//! Repeated numbers, counted while they are read.

ghost use Rattle.std.specs.Prelude.{◌≡◌, ◌^◌, ◌<◌, ◌≤◌, length, fold};
ghost use Rattle.hd_base.specs.Results.{with_value};
ghost use Rattle.hd_base.specs.Wire.{decoded_status};
ghost use Rattle.ack_codec.specs.Packed.{numbers_at, varint_fault};
ghost use Rattle.ack_codec.specs.Tallies.{empty_tally, counted, tallied, newer_tally, LiesWithin};

use crate::replies::{MAX_REPLIES, Replies};
use hd_base::Status;
use proto_fields::{VarintFault, Wire, WireFault, read_varint};

/// How many numbers a repeated field has, and the first 16 of them as statuses.
#[derive(Drop)]
pub(crate) struct Tally {
    pub kept: Replies,
    pub count: u64,
}

impl Tally {
    /// No number so far.
    pub(crate) fn new() -> Tally
        ensures { result ≡ empty_tally }
    {
        Tally {
            kept: Replies::empty(),
            count: 0,
        }
    }

    /// Counts one number more.
    #[tactic(auto, unfolding(crate::specs::Tallies::counted))]
    fn add(&mut self, number: u64)
        ensures { self.new ≡ counted self.old number }
    {
        if self.kept.len() < MAX_REPLIES {
            self.kept.push(Status::from_varint(number));
        }
        self.count = self.count.saturating_add(1);
    }

    /// Counts the numbers of a packed list.
    fn with_list(mut self, list: &[u8]) -> Result<Tally, WireFault>
        ensures { result ≡ with_value (fold counted self) (numbers_at list.now) }
    {
        let mut rest = list;
        while !rest.is_empty() {
            let (number, behind) = match read_varint(rest) {
                Ok(read) => read,
                Err(fault) => return Err(fault_at((list.len() - rest.len()) as u64, fault)),
            };
            self.add(number);
            rest = behind;
        }
        Ok(self)
    }

    /// Counts the numbers that a value gives: a varint itself, and a part those of its list.
    fn with(mut self, bytes: &[u8], value: Wire) -> Result<Tally, WireFault>
        requires { LiesWithin (length bytes.now) value }
        ensures { result ≡ tallied bytes.now self value }
    {
        match value {
            Wire::Varint(number) => {
                self.add(number);
                Ok(self)
            }
            Wire::Part { from, to } => self.with_list(&bytes[from as usize..to as usize]),
            Wire::Eight(_) | Wire::Four(_) => Ok(self),
        }
    }
}

/// What was found of the repeated field `wanted` once a field of this number and value is behind.
pub(crate) fn newer(
    wanted: u32,
    found: Result<Tally, WireFault>,
    bytes: &[u8],
    number: u32,
    value: Wire,
) -> Result<Tally, WireFault>
    requires { LiesWithin (length bytes.now) value }
    ensures { result ≡ newer_tally wanted bytes.now found (number, value) }
{
    let tally = found?;
    if number != wanted {
        return Ok(tally);
    }
    tally.with(bytes, value)
}

/// The fault of a varint at this place.
fn fault_at(at: u64, fault: VarintFault) -> WireFault
    ensures { result ≡ varint_fault at fault }
{
    match fault {
        VarintFault::Short => WireFault::Short { at },
        VarintFault::Long => WireFault::LongVarint { at },
    }
}
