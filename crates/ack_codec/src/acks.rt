//! Acks.

use crate::replies::Replies;

/// What the members of a pipeline say of a packet (HDFS `PipelineAckProto`).
#[derive(Debug, Drop, PartialEq, Eq)]
pub struct Ack {
    /// The packet's number in its stream; -1 is a heartbeat.
    pub seqno: i64,
    /// Each member's reply, the nearest first.
    pub replies: Replies,
}

impl Ack {
    ghost use Rattle.std.specs.Prelude.{◌≡◌};

    /// The same ack once more.
    pub fn duplicate(&self) -> Ack
        ensures { result ≡ self.now }
    {
        Ack {
            seqno: self.seqno,
            replies: self.replies.duplicate(),
        }
    }
}
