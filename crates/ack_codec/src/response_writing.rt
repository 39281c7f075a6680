//! Writing responses.

ghost use Rattle.std.specs.Prelude.{
  ◌≡◌,
  ◌^◌,
  ◌<◌,
  ◌≤◌,
  ◌↔◌,
  [],
  ◌++◌,
  length,
  take,
  OnOk,
  OnErr,
  IfOk,
  IsSome,
  IsTrue,
};
ghost use Rattle.hd_base.specs.Wire.{IsStatus, status_number};
ghost use Rattle.proto_fields.specs.Writing.{bytes_field};
ghost use Rattle.proto_fields.specs.Frames.{limit};
ghost use Rattle.ack_codec.specs.Responses.{SpellsResponse};
ghost use Rattle.ack_codec.specs.ResponseTexts.{
  checksum_text,
  info_text,
  body_text,
  reason_text,
  response_message,
  response_text,
  HasListedKind,
  HasWidths,
  IsEncodable,
  ReadsResponse,
};

use crate::responses::Response;
use hd_base::{Status, SumKind};
use proto_fields::{MAX_MESSAGE_SIZE, cut_back, put_bytes, put_number, put_varint};
use std::alloc::{AllocError, Global};

/// Appends a response: status, then firstBadLink, also where it is empty, where no sums begin and
/// readOpChecksumInfo where they do, and message where it isn't empty. Its message has at most
/// 65,536 bytes, where sums begin there is no firstBadLink and their kind is at most 2, and the
/// status is no `Other` in place of one that is listed: `Response::is_encodable` tests this. Want
/// of memory leaves `out` as it was.
pub fn encode_response(response: &Response, out: &mut Vec<u8>) -> Result<(), AllocError>
    requires listed { IsStatus response.now.status }
    requires no_link { IsSome response.now.sums_from → response.now.first_bad ≡ [] }
    requires listed_kind { HasListedKind response.now.sums_from }
    requires within_limit { length (response_message response.now) ≤ limit }
    ensures ok { OnOk result (out.new.items ≡ out.old.items ++ response_text response.now) }
    ensures err { OnErr result (out.new.items ≡ out.old.items) }
    ensures spelled { OnOk result (SpellsResponse response.now (response_text response.now)) }
    ensures again { OnOk result (ReadsResponse out.old.items out.new.items response.now) }
{
    let before = out.len();
    let done = push_response(response, out);
    cut_back(out, before, done)
}

impl Response {
    /// Whether `encode_response` may write the response. It writes the message into a list of its
    /// own to see its length, so it may want memory.
    pub fn is_encodable(&self, alloc: Global) -> Result<bool, AllocError>
        ensures { IfOk result (λ may. IsTrue may ↔ IsEncodable self.now) }
    {
        if !is_listed(self.status) || !has_lawful_sums(self.sums_from, self.first_bad.as_slice()) {
            return Ok(false);
        }
        let mut message = Vec::new(alloc);
        push_message(self, &mut message)?;
        Ok(message.len() as u64 <= MAX_MESSAGE_SIZE)
    }
}

/// Whether the status is no `Other` in place of one that is listed.
fn is_listed(status: Status) -> bool
    ensures { IsTrue result ↔ IsStatus status }
{
    match status {
        Status::Other(number) => number > 7,
        _ => true,
    }
}

/// Whether sums begin nowhere, or are of a listed kind in a response without firstBadLink.
fn has_lawful_sums(sums_from: Option<(u32, u32, u64)>, first_bad: &[u8]) -> bool
    ensures { IsTrue result ↔ ((IsSome sums_from → first_bad.now ≡ []) × HasListedKind sums_from) }
{
    match sums_from {
        Some((kind, _, _)) => first_bad.is_empty() && SumKind::from_number(kind).is_some(),
        None => true,
    }
}

/// Appends the length of the message and the message.
fn push_response(response: &Response, out: &mut Vec<u8>) -> Result<(), AllocError>
    ensures ok { OnOk result (out.new.items ≡ out.old.items ++ response_text response.now) }
    ensures front { take (length out.old.items) out.new.items ≡ out.old.items }
    ensures status { OnOk result (status_number response.now.status < 2 ^ 32) }
    ensures widths { OnOk result (HasWidths response.now.sums_from) }
{
    let mut message = Vec::new(*out.allocator());
    push_message(response, &mut message)?;
    put_number(out, message.len() as u64)?;
    out.extend_from_slice(message.as_slice())
}

/// Appends the message of a response.
#[tactic(auto, unfolding(crate::specs::ResponseTexts::response_message))]
fn push_message(response: &Response, out: &mut Vec<u8>) -> Result<(), AllocError>
    ensures ok { OnOk result (out.new.items ≡ out.old.items ++ response_message response.now) }
    ensures status { OnOk result (status_number response.now.status < 2 ^ 32) }
    ensures widths { OnOk result (HasWidths response.now.sums_from) }
{
    put_varint(out, 1, u64::from(response.status.number()))?;
    push_body(response.sums_from, response.first_bad.as_slice(), out)?;
    push_reason(response.message.as_slice(), out)
}

/// Appends readOpChecksumInfo where sums begin, and else firstBadLink.
#[tactic(auto, unfolding(crate::specs::ResponseTexts::body_text))]
fn push_body(
    sums_from: Option<(u32, u32, u64)>,
    first_bad: &[u8],
    out: &mut Vec<u8>,
) -> Result<(), AllocError>
    ensures ok { OnOk result (out.new.items ≡ out.old.items ++ body_text sums_from first_bad.now) }
    ensures widths { HasWidths sums_from }
{
    match sums_from {
        Some((kind, chunk, offset)) => push_info(kind, chunk, offset, out),
        None => put_bytes(out, 2, first_bad),
    }
}

/// Appends readOpChecksumInfo.
#[tactic(auto, unfolding(crate::specs::ResponseTexts::info_text))]
fn push_info(kind: u32, chunk: u32, offset: u64, out: &mut Vec<u8>) -> Result<(), AllocError>
    ensures ok { OnOk result (out.new.items ≡ out.old.items ++ bytes_field 4 (info_text (kind, chunk, offset))) }
    ensures widths { (chunk < 2 ^ 32) × (offset < 2 ^ 64) }
{
    let mut checksum = Vec::new(*out.allocator());
    push_checksum(kind, chunk, &mut checksum)?;
    let mut info = Vec::new(*out.allocator());
    put_bytes(&mut info, 1, checksum.as_slice())?;
    put_varint(&mut info, 2, offset)?;
    put_bytes(out, 4, info.as_slice())
}

/// Appends a kind of sums and how many bytes a chunk has.
#[tactic(auto, unfolding(crate::specs::ResponseTexts::checksum_text))]
fn push_checksum(kind: u32, chunk: u32, out: &mut Vec<u8>) -> Result<(), AllocError>
    ensures { OnOk result (out.new.items ≡ out.old.items ++ checksum_text kind chunk) }
{
    put_varint(out, 1, u64::from(kind))?;
    put_varint(out, 2, u64::from(chunk))
}

/// Appends message, where it isn't empty.
fn push_reason(message: &[u8], out: &mut Vec<u8>) -> Result<(), AllocError>
    ensures ok { OnOk result (out.new.items ≡ out.old.items ++ reason_text message.now) }
{
    if message.is_empty() {
        return Ok(());
    }
    put_bytes(out, 5, message)
}
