//! The messages of responses.

ghost use Rattle.std.specs.Prelude.{◌≡◌, length, Ok, IfOk, IfErr, option_map};
ghost use Rattle.hd_base.specs.Results.{with_cause, with_value, Gives};
ghost use Rattle.proto_fields.specs.Fields.{fields_at};
ghost use Rattle.proto_fields.specs.Inner.{joined, inner, text_of, PlacedWithin};
ghost use Rattle.ack_codec.specs.Responses.{
  listed_kind,
  checksum_in,
  no_checksum,
  newer_checksum,
  found_sums_at,
  found_checksum_at,
  found_info_at,
  found_response_at,
  checked_sums,
  decoded_checksum,
  decoded_info,
  decoded_parts,
  response_of as response_said,
};

use crate::faults::ResponseFault;
use crate::responses::Response;
use hd_base::{ByteList, Status};
use proto_fields::{Fields, Wire, WireFault, fields, merged, next_field, text_at};
use std::alloc::Global;

/// The bound of a number of 32 bits.
const UINT32: u64 = 0x1_0000_0000;

/// How many kinds of sums there are.
const KINDS: u64 = 3;

/// What was found of a block's checksum (HDFS `OpBlockChecksumResponseProto`).
#[derive(Clone, Copy)]
struct FoundSums {
    per_crc: Option<u64>,
    crcs: Option<u64>,
    sum: Option<(u64, u64)>,
}

/// What was found of a kind of sums (HDFS `ChecksumProto`).
#[derive(Clone, Copy)]
struct FoundChecksum {
    kind: Option<u64>,
    chunk: Option<u64>,
}

/// What was found of the sums of a read's answer (HDFS `ReadOpChecksumInfoProto`).
#[derive(Clone, Copy)]
struct FoundInfo {
    checksum: Option<FoundChecksum>,
    offset: Option<u64>,
}

/// What was found of a response, its texts by their places.
#[derive(Clone, Copy)]
struct FoundResponse {
    status: Option<u64>,
    first_bad: Option<(u64, u64)>,
    sums: Option<FoundSums>,
    info: Option<FoundInfo>,
    message: Option<(u64, u64)>,
}

impl FoundChecksum {
    /// What is found once a field of this number and value is behind. A kind that isn't listed
    /// counts as a field that isn't there.
    fn after(self, number: u32, value: Wire) -> FoundChecksum
        ensures { result ≡ newer_checksum self (number, value) }
    {
        match (number, value) {
            (1, Wire::Varint(kind)) if kind % UINT32 < KINDS => FoundChecksum {
                kind: Some(kind),
                ..self
            },
            (2, Wire::Varint(chunk)) => FoundChecksum {
                chunk: Some(chunk),
                ..self
            },
            _ => self,
        }
    }
}

/// Reads the response that a message says: status in field 1, firstBadLink in field 2,
/// checksumResponse in field 3, which is whole but not kept, readOpChecksumInfo in field 4, and
/// message in field 5. A message within that is given several times
/// is its parts joined; of other fields the last counts. Unknown fields are skipped.
#[tactic(auto, unfolding(crate::specs::Responses::response_of))]
pub(crate) fn response_of(alloc: Global, message: &[u8]) -> Result<Response, ResponseFault>
    ensures { Gives ResponseFault.Memory result (response_said message.now) }
{
    let found = found_response(alloc, message)?;
    let (status, sums_from) = found.parts()?;
    Ok(Response {
        status,
        first_bad: text_or_empty(alloc, message, found.first_bad)?,
        sums_from,
        message: text_or_empty(alloc, message, found.message)?,
    })
}

/// The text at this place, which is empty where there is none.
fn text_or_empty(
    alloc: Global,
    message: &[u8],
    place: Option<(u64, u64)>,
) -> Result<ByteList, ResponseFault>
    requires { PlacedWithin (length message.now) place }
    ensures { Gives ResponseFault.Memory result (Ok (text_of message.now place)) }
{
    let text = text_at(alloc, message, place)?;
    Ok(text.unwrap_or(ByteList::from_vec(Vec::new(alloc))))
}

/// What a message has, and each message within it.
fn found_response(alloc: Global, message: &[u8]) -> Result<FoundResponse, ResponseFault>
    ensures found { Gives ResponseFault.Memory result (with_cause ResponseFault.Wire (found_response_at message.now)) }
    ensures first_bad { IfOk result (λ f. PlacedWithin (length message.now) f.first_bad) }
    ensures message { IfOk result (λ f. PlacedWithin (length message.now) f.message) }
{
    let listed = fields(alloc, message)?;
    let sums = sums_under(alloc, message, &listed)?;
    let info = info_under(alloc, message, &listed)?;
    Ok(FoundResponse {
        status: listed.number(1),
        first_bad: listed.part(2),
        sums,
        info,
        message: listed.part(5),
    })
}

/// What checksumResponse has, where it is there.
fn sums_under(
    alloc: Global,
    message: &[u8],
    listed: &Fields,
) -> Result<Option<FoundSums>, ResponseFault>
    requires { fields_at message.now ≡ Ok listed.now }
    ensures { Gives ResponseFault.Memory result
        (with_cause ResponseFault.Wire (inner found_sums_at (joined 3 message.now listed.now))) }
{
    let Some(bytes) = merged(alloc, message, 3, listed)? else {
        return Ok(None);
    };
    let listed = fields(alloc, bytes.as_slice())?;
    Ok(Some(FoundSums {
        per_crc: listed.number(1),
        crcs: listed.number(2),
        sum: listed.part(3),
    }))
}

/// What readOpChecksumInfo has, where it is there.
fn info_under(
    alloc: Global,
    message: &[u8],
    listed: &Fields,
) -> Result<Option<FoundInfo>, ResponseFault>
    requires { fields_at message.now ≡ Ok listed.now }
    ensures { Gives ResponseFault.Memory result
        (with_cause ResponseFault.Wire (inner found_info_at (joined 4 message.now listed.now))) }
{
    let Some(bytes) = merged(alloc, message, 4, listed)? else {
        return Ok(None);
    };
    let listed = fields(alloc, bytes.as_slice())?;
    let checksum = checksum_under(alloc, bytes.as_slice(), &listed)?;
    Ok(Some(FoundInfo {
        checksum,
        offset: listed.number(2),
    }))
}

/// What the checksum in a readOpChecksumInfo has, where it is there.
fn checksum_under(
    alloc: Global,
    message: &[u8],
    listed: &Fields,
) -> Result<Option<FoundChecksum>, ResponseFault>
    requires { fields_at message.now ≡ Ok listed.now }
    ensures { Gives ResponseFault.Memory result
        (with_cause ResponseFault.Wire (inner found_checksum_at (joined 1 message.now listed.now))) }
{
    let Some(bytes) = merged(alloc, message, 1, listed)? else {
        return Ok(None);
    };
    let found = found_checksum(bytes.as_slice())?;
    Ok(Some(found))
}

/// What a ChecksumProto has. It takes no memory.
fn found_checksum(bytes: &[u8]) -> Result<FoundChecksum, WireFault>
    ensures { result ≡ with_value checksum_in (fields_at bytes.now) }
{
    let mut found = FoundChecksum {
        kind: None,
        chunk: None,
    };
    let mut at = 0;
    while let Some((number, value, next)) = next_field(bytes, at)? {
        found = found.after(number, value);
        at = next;
    }
    Ok(found)
}

impl FoundResponse {
    /// The status and the sums, or the first required field that is missing.
    #[tactic(auto, unfolding(crate::specs::Responses::decoded_parts))]
    fn parts(self) -> Result<(Status, Option<(u32, u32, u64)>), ResponseFault>
        ensures { result ≡ with_cause ResponseFault.Missing (decoded_parts self) }
    {
        let number = self.status.ok_or(ResponseFault::Missing { field: 1 })?;
        if let Some(sums) = self.sums {
            sums.check()?;
        }
        let sums_from = match self.info {
            Some(info) => Some(info.sums_from()?),
            None => None,
        };
        Ok((Status::from_varint(number), sums_from))
    }
}

impl FoundSums {
    /// Whether a block's checksum has all that it must have.
    #[tactic(auto, unfolding(crate::specs::Responses::checked_sums))]
    fn check(self) -> Result<(), ResponseFault>
        ensures { result ≡ with_cause ResponseFault.Missing (checked_sums self) }
    {
        self.per_crc.ok_or(ResponseFault::Missing { field: 1 })?;
        self.crcs.ok_or(ResponseFault::Missing { field: 2 })?;
        self.sum.ok_or(ResponseFault::Missing { field: 3 })?;
        Ok(())
    }
}

impl FoundChecksum {
    /// The kind of the sums and how many bytes a chunk has: the low 32 bits of each.
    #[tactic(auto, unfolding(crate::specs::Responses::decoded_checksum))]
    fn kind_and_chunk(self) -> Result<(u32, u32), ResponseFault>
        ensures { result ≡ with_cause ResponseFault.Missing (decoded_checksum self) }
    {
        let kind = self.kind.ok_or(ResponseFault::Missing { field: 1 })?;
        let chunk = self.chunk.ok_or(ResponseFault::Missing { field: 2 })?;
        Ok(((kind % UINT32) as u32, (chunk % UINT32) as u32))
    }
}

impl FoundInfo {
    /// The kind of the sums, how many bytes a chunk has, and where in the block they begin.
    #[tactic(auto, unfolding(crate::specs::Responses::decoded_info))]
    fn sums_from(self) -> Result<(u32, u32, u64), ResponseFault>
        ensures { result ≡ with_cause ResponseFault.Missing (decoded_info self) }
    {
        let checksum = self.checksum.ok_or(ResponseFault::Missing { field: 1 })?;
        let (kind, chunk) = checksum.kind_and_chunk()?;
        let offset = self.offset.ok_or(ResponseFault::Missing { field: 2 })?;
        Ok((kind, chunk, offset))
    }
}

Task item
Using the data above, reproduce exactly the lines from the line that contains "let found = found_checksum(bytes.as_slice())?;" through the line that contains "block they begin.", including both.

Answer for this exercise
    let found = found_checksum(bytes.as_slice())?;
    Ok(Some(found))
}

/// What a ChecksumProto has. It takes no memory.
fn found_checksum(bytes: &[u8]) -> Result<FoundChecksum, WireFault>
    ensures { result ≡ with_value checksum_in (fields_at bytes.now) }
{
    let mut found = FoundChecksum {
        kind: None,
        chunk: None,
    };
    let mut at = 0;
    while let Some((number, value, next)) = next_field(bytes, at)? {
        found = found.after(number, value);
        at = next;
    }
    Ok(found)
}

impl FoundResponse {
    /// The status and the sums, or the first required field that is missing.
    #[tactic(auto, unfolding(crate::specs::Responses::decoded_parts))]
    fn parts(self) -> Result<(Status, Option<(u32, u32, u64)>), ResponseFault>
        ensures { result ≡ with_cause ResponseFault.Missing (decoded_parts self) }
    {
        let number = self.status.ok_or(ResponseFault::Missing { field: 1 })?;
        if let Some(sums) = self.sums {
            sums.check()?;
        }
        let sums_from = match self.info {
            Some(info) => Some(info.sums_from()?),
            None => None,
        };
        Ok((Status::from_varint(number), sums_from))
    }
}

impl FoundSums {
    /// Whether a block's checksum has all that it must have.
    #[tactic(auto, unfolding(crate::specs::Responses::checked_sums))]
    fn check(self) -> Result<(), ResponseFault>
        ensures { result ≡ with_cause ResponseFault.Missing (checked_sums self) }
    {
        self.per_crc.ok_or(ResponseFault::Missing { field: 1 })?;
        self.crcs.ok_or(ResponseFault::Missing { field: 2 })?;
        self.sum.ok_or(ResponseFault::Missing { field: 3 })?;
        Ok(())
    }
}

impl FoundChecksum {
    /// The kind of the sums and how many bytes a chunk has: the low 32 bits of each.
    #[tactic(auto, unfolding(crate::specs::Responses::decoded_checksum))]
    fn kind_and_chunk(self) -> Result<(u32, u32), ResponseFault>
        ensures { result ≡ with_cause ResponseFault.Missing (decoded_checksum self) }
    {
        let kind = self.kind.ok_or(ResponseFault::Missing { field: 1 })?;
        let chunk = self.chunk.ok_or(ResponseFault::Missing { field: 2 })?;
        Ok(((kind % UINT32) as u32, (chunk % UINT32) as u32))
    }
}

impl FoundInfo {
    /// The kind of the sums, how many bytes a chunk has, and where in the block they begin.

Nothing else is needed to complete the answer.